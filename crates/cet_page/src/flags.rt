//! The status flags.

ghost use Rattle.std.specs.Prelude.{◌≡◌};
ghost use Rattle.cet_page.specs.Flags.{with_flag, rflags, status, holds, xor};

use bitflags::Flags;
use cet_isa::{Cond, Rflags};

/// The status flags of RFLAGS but AF, which reads 0.
#[derive(Clone, Copy, Debug, PartialEq, Eq)]
pub struct StatusFlags {
    pub cf: bool,
    pub pf: bool,
    pub zf: bool,
    pub sf: bool,
    pub of: bool,
}

/// What an operation computes.
#[derive(Clone, Copy, Debug, PartialEq, Eq)]
pub struct Computed {
    pub value: u64,
    pub flags: StatusFlags,
}

fn with(flags: Rflags, flag: Rflags, set: bool) -> Rflags
    ensures { result.0 ≡ with_flag set flag.0 flags.0 }
{
    if set { flags.union(flag) } else { flags }
}

fn xor(a: bool, b: bool) -> bool
    ensures { result ≡ xor a b }
{
    a != b
}

impl StatusFlags {
    /// The status flags in RFLAGS.
    pub fn of(flags: u64) -> StatusFlags
        ensures { result ≡ status flags }
    {
        let flags = Rflags::from_bits_retain(flags);
        StatusFlags {
            cf: flags.contains(Rflags::CF),
            pf: flags.contains(Rflags::PF),
            zf: flags.contains(Rflags::ZF),
            sf: flags.contains(Rflags::SF),
            of: flags.contains(Rflags::OF),
        }
    }

    /// RFLAGS with these status flags.
    pub fn rflags(self) -> u64
        ensures { result ≡ rflags self }
    {
        let flags = with(Rflags::FIXED, Rflags::CF, self.cf);
        let flags = with(flags, Rflags::PF, self.pf);
        let flags = with(flags, Rflags::ZF, self.zf);
        let flags = with(flags, Rflags::SF, self.sf);
        with(flags, Rflags::OF, self.of).bits()
    }

    /// Whether a condition holds.
    pub fn holds(self, cond: Cond) -> bool
        ensures { result ≡ holds cond self }
    {
        match cond {
            Cond::O => self.of,
            Cond::No => !self.of,
            Cond::B => self.cf,
            Cond::Ae => !self.cf,
            Cond::E => self.zf,
            Cond::Ne => !self.zf,
            Cond::Be => self.cf || self.zf,
            Cond::A => !(self.cf || self.zf),
            Cond::S => self.sf,
            Cond::Ns => !self.sf,
            Cond::P => self.pf,
            Cond::Np => !self.pf,
            Cond::L => xor(self.sf, self.of),
            Cond::Ge => !xor(self.sf, self.of),
            Cond::Le => self.zf || xor(self.sf, self.of),
            Cond::G => !(self.zf || xor(self.sf, self.of)),
        }
    }
}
★ ★ ★ ★ ★
### Task objective:
Could you retype all of the entries, leaving every character unchanged?

### Finished exercise:
filename crates/cet_page/src/flags.rt
//! The status flags.

ghost use Rattle.std.specs.Prelude.{◌≡◌};
ghost use Rattle.cet_page.specs.Flags.{with_flag, rflags, status, holds, xor};

use bitflags::Flags;
use cet_isa::{Cond, Rflags};

/// The status flags of RFLAGS but AF, which reads 0.
#[derive(Clone, Copy, Debug, PartialEq, Eq)]
pub struct StatusFlags {
    pub cf: bool,
    pub pf: bool,
    pub zf: bool,
    pub sf: bool,
    pub of: bool,
}

/// What an operation computes.
#[derive(Clone, Copy, Debug, PartialEq, Eq)]
pub struct Computed {
    pub value: u64,
    pub flags: StatusFlags,
}

fn with(flags: Rflags, flag: Rflags, set: bool) -> Rflags
    ensures { result.0 ≡ with_flag set flag.0 flags.0 }
{
    if set { flags.union(flag) } else { flags }
}

fn xor(a: bool, b: bool) -> bool
    ensures { result ≡ xor a b }
{
    a != b
}

impl StatusFlags {
    /// The status flags in RFLAGS.
    pub fn of(flags: u64) -> StatusFlags
        ensures { result ≡ status flags }
    {
        let flags = Rflags::from_bits_retain(flags);
        StatusFlags {
            cf: flags.contains(Rflags::CF),
            pf: flags.contains(Rflags::PF),
            zf: flags.contains(Rflags::ZF),
            sf: flags.contains(Rflags::SF),
            of: flags.contains(Rflags::OF),
        }
    }

    /// RFLAGS with these status flags.
    pub fn rflags(self) -> u64
        ensures { result ≡ rflags self }
    {
        let flags = with(Rflags::FIXED, Rflags::CF, self.cf);
        let flags = with(flags, Rflags::PF, self.pf);
        let flags = with(flags, Rflags::ZF, self.zf);
        let flags = with(flags, Rflags::SF, self.sf);
        with(flags, Rflags::OF, self.of).bits()
    }

    /// Whether a condition holds.
    pub fn holds(self, cond: Cond) -> bool
        ensures { result ≡ holds cond self }
    {
        match cond {
            Cond::O => self.of,
            Cond::No => !self.of,
            Cond::B => self.cf,
            Cond::Ae => !self.cf,
            Cond::E => self.zf,
            Cond::Ne => !self.zf,
            Cond::Be => self.cf || self.zf,
            Cond::A => !(self.cf || self.zf),
            Cond::S => self.sf,
            Cond::Ns => !self.sf,
            Cond::P => self.pf,
            Cond::Np => !self.pf,
            Cond::L => xor(self.sf, self.of),
            Cond::Ge => !xor(self.sf, self.of),
            Cond::Le => self.zf || xor(self.sf, self.of),
            Cond::G => !(self.zf || xor(self.sf, self.of)),
        }
    }
}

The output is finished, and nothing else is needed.